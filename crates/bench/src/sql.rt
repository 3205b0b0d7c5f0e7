//! Texts of SQL: reading them.
mod reading;
mod samples;
mod timing;

pub use timing::run;
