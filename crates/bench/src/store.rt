//! A store in memory: what its sessions ask of it.
mod asking;
mod inserts;
mod timing;
mod turns;

pub use timing::run;
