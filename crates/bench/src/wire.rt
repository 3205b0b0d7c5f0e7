//! A client's wire: its bytes to orders, and outcomes to bytes.
mod answering;
mod client;
mod pieces;
mod sending;
mod timing;
mod world;

pub use timing::run;
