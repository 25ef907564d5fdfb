//! Floor 5, goals: what stands in an expression: effects, what statements come of, what may be undefined.
#![tactic(auto)]

mod checks;
mod effects;
mod forms;
mod needed;
mod operations;

pub use checks::{has_checks, have_checks};
pub use effects::{has_effect, have_effect};
pub use forms::{is_settled, is_temp};
pub use needed::{need, need_from, needs};
pub use operations::{
    is_order, is_pointed, is_signed_at, may_be_minus_one, may_be_zero, may_fail, plain_value,
    second_constant,
};
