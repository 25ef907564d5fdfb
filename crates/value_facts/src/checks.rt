// Whether the value of an expression of a core program may be undefined.
ghost use Rattle.std.specs.Prelude.{◌≡◌};
ghost use Rattle.core_trees.specs.View.{view_variables};
ghost use Rattle.c_runs.specs.Checks as spec;
ghost use Rattle.typed_prog.specs.Tree.{values_of};
ghost use Rattle.typed_prog.specs.View.{view_value, view_values};

use crate::operations::may_fail;
use core_trees::FunctionVariable;
use typed_prog::{Value, ValueNode};

/// Whether an expression has checks, in a function with these variables.
#[cycle(checked)]
#[tactic(auto, using(typed_prog::proofs::Equations::view_laws, crate::proofs::Failing::op_fails))]
pub fn has_checks(value: &Value, variables: &[FunctionVariable]) -> bool
    ensures { result ≡ spec.has_checks (view_variables variables.now) (view_value value.now) }
{
    match &value.node {
        ValueNode::Constant(_) => false,
        ValueNode::Null => false,
        ValueNode::Temporary(_) => false,
        ValueNode::Apply(op, operands) => {
            let operands = operands.as_slice();
            have_checks(operands, variables) || may_fail(op, variables, &value.ty, operands)
        }
        ValueNode::Logic(_, _, _) => true,
        ValueNode::Choose(_, _, _) => true,
        ValueNode::Effect(_, _) => true,
    }
}

/// Whether one of these expressions has checks.
#[cycle(checked)]
pub fn have_checks(values: &[Value], variables: &[FunctionVariable]) -> bool
    ensures { result ≡ spec.have_checks (view_variables variables.now) (values_of (view_values values.now)) }
{
    for value in values {
        if has_checks(value, variables) {
            return true;
        }
    }
    false
}
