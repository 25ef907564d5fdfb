// Whether an operation itself may be undefined, its operands having their values.
ghost use Rattle.std.specs.Prelude.{◌≡◌, slice_get};
ghost use Rattle.std.specs.Option.{option_copied, option_map};
ghost use Rattle.c_runs.specs.Objects as objects;
ghost use Rattle.c_runs.specs.Operators.{is_order as is_order_of};
ghost use Rattle.c_runs.specs.Values.{kind_at};
ghost use Rattle.core_trees.specs.View.{view_variables};
ghost use Rattle.c_runs.specs.Checks as checks;
ghost use Rattle.typed_prog.specs.Tree.{values_of};
ghost use Rattle.typed_prog.specs.View.{view_value_node, view_values};
ghost use Rattle.value_facts.specs.MayFail as spec;
ghost use Rattle.wp_base.specs.Kinds.{is_signed as is_signed_of};

use core_trees::FunctionVariable;
use typed_prog::{
    Arithmetic, Comparison, CoreType, Op, Path, Root, Step, Value, ValueNode, Variable,
};
use wp_base::Kind;

// ---- objects

// Whether an array is indexed on a way.
fn is_indexed(steps: &[Step]) -> bool
    ensures { result ≡ spec.is_indexed steps.now }
{
    for step in steps {
        match step {
            Step::Element { .. } => return true,
            Step::Field { .. } | Step::Moved { .. } => {}
        }
    }
    false
}

fn variable_at(variables: &[FunctionVariable], number: u32) -> Option<&FunctionVariable>
    ensures { option_copied result ≡ slice_get variables.now number }
{
    variables.get(number as usize)
}

/// Of a variable that no pointer leads to, whether it has a value from its declaration on; none where a way begins elsewhere.
#[tactic(auto, using(crate::proofs::Failing::variable_is))]
pub fn plain_value(variables: &[FunctionVariable], root: Root) -> Option<bool>
    ensures { result ≡ option_map (objects.has_value (view_variables variables.now)) (objects.plain_root (view_variables variables.now) root) }
{
    match root {
        Root::Variable(Variable::Local(number)) => match variable_at(variables, number) {
            None => None,
            Some(variable) => {
                if variable.is_plain {
                    Some(variable.has_value)
                } else {
                    None
                }
            }
        },
        Root::Variable(Variable::Global(_)) => None,
        Root::Pointed(_) => None,
    }
}

/// Whether a way begins where a pointer leads.
pub fn is_pointed(root: Root) -> bool
    ensures { result ≡ objects.is_pointed root }
{
    match root {
        Root::Pointed(_) => true,
        Root::Variable(_) => false,
    }
}

fn read_may_fail(variables: &[FunctionVariable], path: &Path) -> bool
    ensures { result ≡ spec.read_may_fail (spec.plain_value (view_variables variables.now) path.now) path.now }
{
    match plain_value(variables, path.root) {
        Some(has_value) => !has_value,
        None => is_indexed(path.steps.as_slice()) || is_pointed(path.root),
    }
}

// A pointer to an object that isn't at once followed.
fn address_may_fail(path: &Path, accessed: bool) -> bool
    ensures { result ≡ spec.address_may_fail accessed path.now }
{
    !(accessed || path.steps.len() == 0)
}

// ---- integers

fn is_signed(kind: Kind) -> bool
    ensures { result ≡ is_signed_of kind }
{
    matches!(
        kind,
        Kind::Char | Kind::SChar | Kind::Short | Kind::Int | Kind::Long | Kind::LLong
    )
}

/// Whether integers of the type have a sign.
pub fn is_signed_at(ty: &CoreType) -> bool
    ensures { result ≡ is_signed_of (kind_at ty.now) }
{
    match ty.kind() {
        Some(kind) => is_signed(kind),
        None => true,
    }
}

// The second operand, where it is a number as spelled.
#[tactic(auto, using(typed_prog::proofs::Equations::view_laws))]
fn constant_of(value: &Value) -> Option<i128>
    ensures { result ≡ checks.constant_of (view_value_node value.now.node) }
{
    match &value.node {
        ValueNode::Constant(number) => Some(*number),
        ValueNode::Null => None,
        ValueNode::Temporary(_) => None,
        ValueNode::Apply(_, _) => None,
        ValueNode::Logic(_, _, _) => None,
        ValueNode::Choose(_, _, _) => None,
        ValueNode::Effect(_, _) => None,
    }
}

fn second_of(operands: &[Value]) -> Option<&Value>
    ensures { option_copied result ≡ slice_get operands.now 1 }
{
    operands.get(1)
}

/// The second operand, where it is a number as spelled.
#[tactic(auto, using(crate::proofs::Failing::second_constant_is))]
pub fn second_constant(operands: &[Value]) -> Option<i128>
    ensures { result ≡ checks.second_constant (values_of (view_values operands.now)) }
{
    match second_of(operands) {
        Some(second) => constant_of(second),
        None => None,
    }
}

/// Whether a divisor may be 0.
pub fn may_be_zero(number: Option<i128>) -> bool
    ensures { result ≡ checks.may_be_zero number }
{
    match number {
        None => true,
        Some(number) => number == 0,
    }
}

/// Whether a divisor may be -1 or 0.
pub fn may_be_minus_one(number: Option<i128>) -> bool
    ensures { result ≡ checks.may_be_minus_one number }
{
    match number {
        None => true,
        Some(number) => number == 0 || number == -1,
    }
}

fn arithmetic_may_fail(op: Arithmetic, signed: bool, second: Option<i128>) -> bool
    ensures { result ≡ spec.arithmetic_may_fail op signed second }
{
    match op {
        Arithmetic::Mul | Arithmetic::Add | Arithmetic::Sub => signed,
        Arithmetic::Div | Arithmetic::Rem => {
            may_be_zero(second) || (signed && may_be_minus_one(second))
        }
        Arithmetic::Shl | Arithmetic::Shr => true,
        Arithmetic::And | Arithmetic::Xor | Arithmetic::Or => false,
    }
}

/// Whether a comparison is one of order.
pub fn is_order(how: Comparison) -> bool
    ensures { result ≡ is_order_of how }
{
    !matches!(how, Comparison::Equal | Comparison::NotEqual)
}

// ---- operators

/// Whether an operation of this type on these operands has checks of its own.
pub fn may_fail(op: &Op, variables: &[FunctionVariable], ty: &CoreType, operands: &[Value]) -> bool
    ensures { result ≡ spec.op_may_fail op.now (view_variables variables.now) ty.now (values_of (view_values operands.now)) }
{
    match op {
        Op::Read(path) => read_may_fail(variables, path),
        Op::Address(path, accessed) => address_may_fail(path, *accessed),
        Op::Decay(path, accessed) => address_may_fail(path, *accessed),
        Op::Negate => is_signed_at(ty),
        Op::Arithmetic(op) => arithmetic_may_fail(*op, is_signed_at(ty), second_constant(operands)),
        Op::ComparePointers(how) => is_order(*how),
        Op::Offset { accessed, .. } => !*accessed,
        Op::Difference { .. } => true,
        Op::Complement => false,
        Op::Not => false,
        Op::Compare(_) => false,
        Op::Convert => false,
        Op::Requalify => false,
        Op::Cast => false,
    }
}
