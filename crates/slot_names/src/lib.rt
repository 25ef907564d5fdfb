//! Floor 5, goals: the base names of the slots of a function.
#![tactic(auto)]

mod bases;
mod laws;
mod tests;

pub use bases::slot_bases;
pub use laws::bases_fit;
pub use tests::are_fit;
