//! Floor 5, goals: when the logic functions of a file that call themselves are in order. Definitions and laws.
#![tactic(auto)]

mod laws;

pub use laws::{examples_hold, files_in_order, functions_take};
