// What an expression is, at its head.
ghost use Rattle.std.specs.Prelude.{◌≡◌};
ghost use Rattle.c_runs.specs.Normal as spec;
ghost use Rattle.typed_prog.specs.View.{view_value};

use typed_prog::{Value, ValueNode};

/// Whether it is a temporary.
#[tactic(auto, using(typed_prog::proofs::Equations::view_laws))]
pub fn is_temp(value: &Value) -> bool
    ensures { result ≡ spec.is_temp (view_value value.now) }
{
    match &value.node {
        ValueNode::Temporary(_) => true,
        ValueNode::Constant(_) => false,
        ValueNode::Null => false,
        ValueNode::Apply(_, _) => false,
        ValueNode::Logic(_, _, _) => false,
        ValueNode::Choose(_, _, _) => false,
        ValueNode::Effect(_, _) => false,
    }
}

/// Whether it is a temporary or a constant, which stays as it is whatever is done before it is used.
#[tactic(auto, using(typed_prog::proofs::Equations::view_laws))]
pub fn is_settled(value: &Value) -> bool
    ensures { result ≡ spec.is_settled (view_value value.now) }
{
    match &value.node {
        ValueNode::Temporary(_) => true,
        ValueNode::Constant(_) => true,
        ValueNode::Null => false,
        ValueNode::Apply(_, _) => false,
        ValueNode::Logic(_, _, _) => false,
        ValueNode::Choose(_, _, _) => false,
        ValueNode::Effect(_, _) => false,
    }
}
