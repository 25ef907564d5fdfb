// What is so of base names.
ghost use Rattle.slot_names.specs.Laws.{BasesFit};

/// Base names of slots are well formed, and own names at the start of a function differ.
pub fn bases_fit()
    ensures { BasesFit }
{}
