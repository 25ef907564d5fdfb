// Whether an assignment, an increment or a call stands in an expression.
ghost use Rattle.std.specs.Prelude.{◌≡◌};
ghost use Rattle.c_runs.specs.Values as spec;
ghost use Rattle.typed_prog.specs.Tree.{values_of};
ghost use Rattle.typed_prog.specs.View.{view_value, view_values};

use typed_prog::{Value, ValueNode};

/// Whether an effect stands in an expression.
#[cycle(effects)]
#[tactic(auto, using(typed_prog::proofs::Equations::view_laws))]
pub fn has_effect(value: &Value) -> bool
    ensures { result ≡ spec.has_effect (view_value value.now) }
{
    match &value.node {
        ValueNode::Constant(_) => false,
        ValueNode::Null => false,
        ValueNode::Temporary(_) => false,
        ValueNode::Apply(_, operands) => have_effect(operands.as_slice()),
        ValueNode::Logic(_, first, second) => has_effect(first.get()) || has_effect(second.get()),
        ValueNode::Choose(test, first, second) => {
            has_effect(test.get()) || has_effect(first.get()) || has_effect(second.get())
        }
        ValueNode::Effect(_, _) => true,
    }
}

/// Whether one stands in one of these expressions.
#[cycle(effects)]
pub fn have_effect(values: &[Value]) -> bool
    ensures { result ≡ spec.have_effect (values_of (view_values values.now)) }
{
    for value in values {
        if has_effect(value) {
            return true;
        }
    }
    false
}
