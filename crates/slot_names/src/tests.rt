// Whether names are fit to be bases.
ghost use Rattle.std.specs.Prelude.{◌≡◌, take, IfOk};
ghost use Rattle.std.specs.List.{list_all};
ghost use Rattle.qed_terms.specs.Names.{is_digit, is_letter};
ghost use Rattle.slot_names.specs.Bases as spec;

use name_table::Table;
use std::alloc::Global;
use wp_base::{NoMemory, Str};

fn is_c_byte(byte: u8) -> bool
    ensures { result ≡ spec.is_c_byte byte }
{
    matches!(byte, b'a'..=b'z' | b'A'..=b'Z' | b'0'..=b'9' | b'_')
}

fn is_digit_byte(byte: u8) -> bool
    ensures { result ≡ is_digit byte }
{
    matches!(byte, b'0'..=b'9')
}

fn begins_well(bytes: &[u8]) -> bool
    ensures { result ≡ spec.begins_well bytes.now }
{
    match bytes.split_first() {
        None => false,
        Some((first, _)) => !is_digit_byte(*first),
    }
}

fn are_c_bytes(bytes: &[u8]) -> bool
    ensures { result ≡ list_all spec.is_c_byte bytes.now }
{
    bytes.iter().all(|byte| is_c_byte(*byte))
}

fn is_c_name(name: &Str) -> bool
    ensures { result ≡ spec.is_c_name name.now }
{
    let bytes = name.bytes();
    begins_well(bytes) && are_c_bytes(bytes)
}

fn are_c_names(names: &[Str]) -> bool
    ensures { result ≡ list_all spec.is_c_name names.now }
{
    names.iter().all(|name| is_c_name(name))
}

// Whether the first ones differ.
#[tactic(auto, using(crate::proofs::Differing::differ_laws))]
fn differ(alloc: Global, names: &[Str], count: usize) -> Result<bool, NoMemory>
    ensures { IfOk result (λ so. so ≡ spec.differ (take count names.now)) }
{
    let mut table = Table::new(alloc);
    for at in 0..count.min(names.len()) {
        if !table.declare(alloc, &names[at], true)? {
            return Ok(false);
        }
    }
    Ok(true)
}

/// Whether all are names of C, of which those of the file differ, and those of the parameters, which come first among the function's own.
pub fn are_fit(alloc: Global, file: &[Str], params: usize, own: &[Str]) -> Result<bool, NoMemory>
    ensures { IfOk result (λ so. so ≡ spec.are_fit file.now params own.now) }
{
    if !are_c_names(file) || !are_c_names(own) {
        return Ok(false);
    }
    Ok(differ(alloc, file, file.len())? && differ(alloc, own, params)?)
}
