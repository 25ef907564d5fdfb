// Base names, made.
ghost use Rattle.std.specs.Prelude.{◌≡◌, ◌<◌, ◌++◌, ◌∷◌, [], drop, map, take, IfOk, OnOk, ℕ, List};
ghost use Rattle.slot_names.specs.Bases as spec;

use itoa::Buffer;
use std::alloc::Global;
use wp_base::{List, NoMemory, Str};

// A name, with a byte before it where that is wanted.
fn marked(alloc: Global, is_hidden: bool, name: &Str) -> Result<Str, NoMemory>
    ensures { IfOk result (λ made. made ≡ spec.shown_as is_hidden name.now) }
{
    let mut bytes = Vec::new(alloc);
    if is_hidden {
        bytes.push(b'%')?;
    }
    bytes.extend_from_slice(name.bytes())?;
    Ok(Str::from_vec(bytes))
}

fn flag_name(alloc: Global, name: &Str) -> Result<Str, NoMemory>
    ensures { IfOk result (λ made. made ≡ spec.flag_name name.now) }
{
    let mut bytes = Vec::from_slice(alloc, name.bytes())?;
    bytes.extend_from_slice(b":i")?;
    Ok(Str::from_vec(bytes))
}

fn is_among(name: &Str, names: &[Str]) -> bool
    ensures { result ≡ spec.is_among name.now names.now }
{
    names.iter().any(|other| name.bytes() == other.bytes())
}

// A variable's two names.
fn push_pair(alloc: Global, name: Str, bases: &mut Vec<Str>) -> Result<(), NoMemory>
    ensures { OnOk result (bases.new.items ≡ bases.old.items ++ spec.pairs_of (name ∷ [])) }
{
    let flag = flag_name(alloc, &name)?;
    bases.push(name)?;
    bases.push(flag)?;
    Ok(())
}

// The names of the variables of the file.
#[tactic(auto, using(crate::proofs::Pairs::pair_next, crate::proofs::Pairs::pair_all))]
fn push_file(alloc: Global, file: &[Str], bases: &mut Vec<Str>) -> Result<(), NoMemory>
    ensures { OnOk result (bases.new.items ≡ bases.old.items ++ spec.pairs_of file.now) }
{
    for name in file {
        push_pair(alloc, name.copy(alloc)?, bases)?;
    }
    Ok(())
}

// The name of a variable of the function, of which so many are parameters yet.
fn own_name(alloc: Global, file: &[Str], params: usize, name: &Str) -> Result<Str, NoMemory>
    ensures { IfOk result (λ made. made ≡ spec.own_name file.now params name.now) }
{
    let is_hidden = params > 0 && is_among(name, file);
    let made = marked(alloc, is_hidden, name)?;
    Ok(made)
}

// Those of the variables of the function.
#[tactic(auto, using(crate::proofs::Pairs::own_next, crate::proofs::Pairs::own_all))]
fn push_own(
    alloc: Global,
    file: &[Str],
    params: usize,
    own: &[Str],
    bases: &mut Vec<Str>,
) -> Result<(), NoMemory>
    ensures { OnOk result (bases.new.items ≡ bases.old.items ++ spec.pairs_of (spec.own_names file.now params own.now)) }
{
    let mut left = params;
    for name in own {
        push_pair(alloc, own_name(alloc, file, left, name)?, bases)?;
        left = left.saturating_sub(1);
    }
    Ok(())
}

fn temporary_name(alloc: Global, number: usize) -> Result<Str, NoMemory>
    requires { 0 < number }
    ensures { IfOk result (λ made. made ≡ spec.temporary_name number) }
{
    let mut buffer = Buffer::new();
    let mut bytes = Vec::new(alloc);
    bytes.push(b'%')?;
    bytes.extend_from_slice(buffer.format(number).as_bytes())?;
    Ok(Str::from_vec(bytes))
}

// Those of what stands behind the variables.
#[tactic(auto, using(crate::proofs::Pairs::temporary_next, crate::proofs::Pairs::temporary_all))]
fn push_temporaries(alloc: Global, count: usize, bases: &mut Vec<Str>) -> Result<(), NoMemory>
    ensures { OnOk result (bases.new.items ≡ bases.old.items ++ spec.temporary_names 1 count) }
{
    for number in 0..count {
        bases.push(temporary_name(alloc, number + 1)?)?;
    }
    Ok(())
}

/// The base names of the slots of a function: of the variables of the file and of its own variables, the first of which are its parameters, two each; and
/// those of what it gives, of what a call gives, and of its temporaries.
pub fn slot_bases(
    alloc: Global,
    file: &[Str],
    params: usize,
    own: &[Str],
    temporaries: usize,
) -> Result<List<Str>, NoMemory>
    ensures { IfOk result (λ made. made ≡ spec.slot_bases file.now params own.now temporaries) }
{
    let mut bases = Vec::new(alloc);
    push_file(alloc, file, &mut bases)?;
    push_own(alloc, file, params, own, &mut bases)?;
    bases.push(Str::from_bytes(alloc, b"\\result")?)?;
    bases.push(Str::from_bytes(alloc, b"%")?)?;
    push_temporaries(alloc, temporaries, &mut bases)?;
    Ok(List::from_vec(bases))
}
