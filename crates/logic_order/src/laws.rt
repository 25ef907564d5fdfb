// What is so of files whose logic functions are in order.
ghost use Rattle.logic_order.specs.Laws.{FilesInOrder, FunctionsTake};
ghost use Rattle.logic_order.specs.Examples.{ExamplesHold};

/// Where they pass the test, formulas have the values of the definitions, and the setting is regular.
pub fn files_in_order()
    ensures { FilesInOrder }
{}

/// Functions that may be called take as many integers as it is said of them.
pub fn functions_take()
    ensures { FunctionsTake }
{}

/// A function with a variable of the file is in order; one that goes down by two, or whose parameter has the variable's name, isn't.
pub fn examples_hold()
    ensures { ExamplesHold }
{}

• • •

TASK INSTRUCTIONS — Which lines above contain the word "filename"? List them.

RESPONSE TO THE EXERCISE —
filename crates/bench/src/sql.rt
filename crates/bench/src/store.rt
filename crates/bench/src/wire.rt
filename crates/value_facts/src/checks.rt
filename crates/slot_names/src/lib.rt
filename crates/slot_names/src/tests.rt
filename crates/logic_order/src/laws.rt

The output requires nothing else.